If you are playing with a high current 1496 Peter Chadwick, G3RZP,
gives a useful rule of thumb for calculating the chip temp from the
power dissipation.

The maximum dissaption for the plastic DIP (NJM1496) is 570mW (and a
lot smaller 300mW for the surface mount package).

The thermal resistance for the plastic DIP is 100 deg C/W. This is a
lot less than the 220 degC/watt for the (now unavailable) metal can
(1496G)

From the app note you can make a more accurate estimate

> Power Dissipation
>
> Power dissipation, PD, within the integrated circuit package should
> be calculated as the summation of the voltage−current products at
> each port, i.e. assuming V12 = V6, I5 = I6 = I12 and ignoring base
> current,
>
> PD = 2 * I5 * (V6 − V14) + I5 * (V5 − V14)
>
> where subscripts refer to pin numbers.

Or as V14 is usually ground

PD = 2 * I5 * V6 + I5 * V5

The (ballpark) total power is 2 * I5 * Vcc (ish). With 14 volt supply
and the 10mA "max" programmed current you won't exceed the maximum
dissipation though the chip will run hot at 50C or so (just too hot
to touch) but within spec. So you might push the current up a bit
beyond the "max" though I suspect the wire bonding the chip to the
pin is the limit.

> RE: MC1496 use on 6Mtrs?
> by G3RZP on January 17, 2006
>
> You can improve the carrier suppression with some external trimming
> across the signal input port. Use a 50k pot witn the slider to the
> negative supply line.
>
> It's possible too, to push the current up a bit with external
> resistors. This improves the signal handling.
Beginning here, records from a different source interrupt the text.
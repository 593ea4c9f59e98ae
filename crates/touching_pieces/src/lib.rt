//! Which rectangles touch, and what that joins, without comparing each with each: connectivity of
//! conductors by a sweep.
#![tactic(auto)]

mod conductors;
mod crowds;
mod cuts;
mod pairs;
mod pieces;

pub use conductors::{Joined, touching_links};
pub use pairs::{touching_chains, touching_pairs};
pub use pieces::{Piece, touches};
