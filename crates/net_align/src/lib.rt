//! Two netlists made comparable: circuits are paired by name, circuits without a partner are
//! flattened into their callers, and what holds no device is dropped.
#![tactic(auto)]

mod below;
mod cut;
mod flatten;
mod held;
mod inline;
mod marks;
mod names;
mod numbers;
mod pair;
mod pairs;
mod partners;
mod side;
mod sights;
mod walk;

pub use pair::{Aligned, align, partner_of_top};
Just make sure that
> the total current times supply volts doesn't give enough power to
> get it too hot. Take the watts input and multiply by the thermal
> resistance junction to ambient: this tells you how much above
> ambient the chip temperature is. Add the ambient temp, and keep
> chip temp below +125 deg C. I can't remember the chip to ambient
> thermal resistance for the dual in line package: for the TO (metal
> can) device is about 220 degC/watt.